The system architecture: scattered sources consolidated into a single source of truth, surfaced through a conversational AI interface, accessible to all teams and partners.
The Briefing Assistant in use. Partners submit briefs directly; the agent reviews, questions, and restructures before anything reaches the design team.
The before and after: from scattered information and interrupt-driven workflows to centralised knowledge and self-serve access.
The three-stage briefing flow: partner submission, AI review and clarification, refined brief delivered to the design team.
The before and after on brief quality: inconsistent formats, missing objectives, and multiple clarification loops replaced by standardised inputs and confident execution.
The data that made the problem undeniable - and the improvement visible. Urgent-tagged requests peaked at nine in a single week. After the tools launched, that number dropped to one or fewer per week and has held there.

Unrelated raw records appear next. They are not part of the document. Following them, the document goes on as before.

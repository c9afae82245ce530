//! The operators bit by bit.

ghost use Rattle.std.specs.Prelude.{◌≡◌};
ghost use Rattle.rare_bits.specs.Bits.{bvand, bvnot, bvor, bvxor};
ghost use Rattle.rare_wide.specs.Widths.{IsBitVector};

use crate::words::ones;

/// `bvnot`: each bit turned.
pub fn not(a: u128, width: u32) -> u128
    requires { IsBitVector width a }
    ensures { result ≡ bvnot width a }
{
    ones(width) - a
}

/// `bvand`: 1 where both bits are 1.
pub fn and(a: u128, b: u128, width: u32) -> u128
    requires first { IsBitVector width a }
    requires second { IsBitVector width b }
    ensures { result ≡ bvand width a b }
{
    a & b
}

/// `bvor`: 1 where a bit is 1.
pub fn or(a: u128, b: u128, width: u32) -> u128
    requires first { IsBitVector width a }
    requires second { IsBitVector width b }
    ensures { result ≡ bvor width a b }
{
    a | b
}

/// `bvxor`: 1 where exactly one bit is 1.
pub fn xor(a: u128, b: u128, width: u32) -> u128
    requires first { IsBitVector width a }
    requires second { IsBitVector width b }
    ensures { result ≡ bvxor width a b }
{
    a ^ b
}
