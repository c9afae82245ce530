//! Terms, written over the names of a scope.
#![tactic(auto)]

mod operator;
mod term;
mod text;
mod words;

pub use term::write_term;
pub use text::{write_led, write_number};
pub use words::{indexed_word, operator_word};

#[cfg(test)]
mod tests;
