//! Slices, joins and the extension by the sign.

ghost use Rattle.std.specs.Prelude.{◌≡◌, ◌+◌, ◌<◌, ◌≤◌};
ghost use Rattle.rare_bits.specs.Bits.{concat, extract, sign_extend};
ghost use Rattle.rare_wide.specs.Widths.{IsBitVector, most_bits};

use crate::signs::is_negative;
use crate::words::{ones, reduce};

/// `extract`: the bits from `high` down to `low`, counted from 0 at the lowest bit.
pub fn slice(a: u128, high: u32, low: u32, width: u32) -> u128
    requires word { IsBitVector width a }
    requires ordered { low ≤ high }
    requires in_range { high < width }
    ensures { result ≡ extract high low a }
{
    reduce(a >> low, high - low + 1)
}

/// `concat`: `a`, of `aw` bits, above `b`, of `bw` bits.
pub fn join(a: u128, aw: u32, b: u128, bw: u32) -> u128
    requires above { IsBitVector aw a }
    requires below { IsBitVector bw b }
    requires room { aw + bw ≤ most_bits }
    ensures { result ≡ concat a bw b }
{
    (a << bw) | b
}

/// `sign_extend`: the same signed number with `by` more bits, which all are the top bit of `a`.
pub fn sign_extend(a: u128, width: u32, by: u32) -> u128
    requires word { IsBitVector width a }
    requires room { width + by ≤ most_bits }
    ensures { result ≡ sign_extend width by a }
{
    if is_negative(a, width) {
        a + (ones(width + by) - ones(width))
    } else {
        a
    }
}
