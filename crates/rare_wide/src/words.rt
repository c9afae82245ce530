//! All ones, and reduction modulo 2^width.

ghost use Rattle.std.specs.Prelude.{◌≡◌, ◌-◌, ◌%◌, ◌^◌, ◌≤◌};
ghost use Rattle.rare_wide.specs.Widths.{most_bits};

/// `width` ones.
pub fn ones(width: u32) -> u128
    requires low { 1 ≤ width }
    requires high { width ≤ most_bits }
    ensures { result ≡ 2 ^ width - 1 }
{
    u128::MAX >> (u128::BITS - width)
}

/// A number modulo 2^width.
pub fn reduce(a: u128, width: u32) -> u128
    requires low { 1 ≤ width }
    requires high { width ≤ most_bits }
    ensures { result ≡ a % 2 ^ width }
{
    a & ones(width)
}
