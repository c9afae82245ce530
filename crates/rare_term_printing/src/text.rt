//! Two texts, one behind the other.
ghost use Rattle.std.specs.Prelude.{◌≡◌, ◌++◌, OnOk, OnErr};
ghost use Rattle.std.specs.Fmt.{decimal};
ghost use Rattle.rare_sexpr.specs.Written.{IsCut};

use itoa::Buffer;
use rare_base::Text;
use std::alloc::AllocError;

/// Appends a text behind a lead. Want of memory leaves the old bytes and perhaps the front of both.
pub fn write_led(out: &mut Text, lead: &[u8], text: &[u8]) -> Result<(), AllocError>
    ensures ok { OnOk result (out.new ≡ out.old ++ (lead.now ++ text.now)) }
    ensures err { OnErr result (IsCut out.old (lead.now ++ text.now) out.new) }
{
    out.append(lead)?;
    out.append(text)
}

/// Appends a number in decimal behind a lead. Want of memory leaves the old bytes and perhaps the front of both.
pub fn write_number(out: &mut Text, lead: &[u8], n: u128) -> Result<(), AllocError>
    ensures ok { OnOk result (out.new ≡ out.old ++ (lead.now ++ decimal n)) }
    ensures err { OnErr result (IsCut out.old (lead.now ++ decimal n) out.new) }
{
    let mut buffer = Buffer::new();
    write_led(out, lead, buffer.format(n).as_bytes())
}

The Briefing Assistant has since been adopted by US, UK, and Canadian teams - built once in APAC, scaled globally without additional overhead or governance.
Urgent-tagged requests dropped from a peak of nine per week to one or fewer - and have stayed there.
Brief quality improved measurably, with designers reporting faster project ramp-up and significantly fewer clarification cycles at the start of engagements. Partners became more self-sufficient, more confident in how to engage the team, and more realistic about timelines when they understood the briefing standard upfront.
The Briefing Assistant has since been adopted by the US, UK, and Canadian teams. A tool built to solve an APAC operations problem turned out to solve a global one - because it was designed around principles, not local process quirks.

The most valuable thing a design leader can do isn't always design. Sometimes it's building the conditions that let design happen well.
Both tools were built on the same belief: that AI is most powerful when it's applied to friction, not novelty.
The technology was the answer to a problem I'd already defined clearly. That order matters.
Design leaders who understand AI at a practical, technical level have an advantage right now - not because AI is a trend worth chasing, but because it opens up a category of solution that wasn't available before. The ability to build tools like these, and to know when and why to build them, is part of what modern design leadership looks like.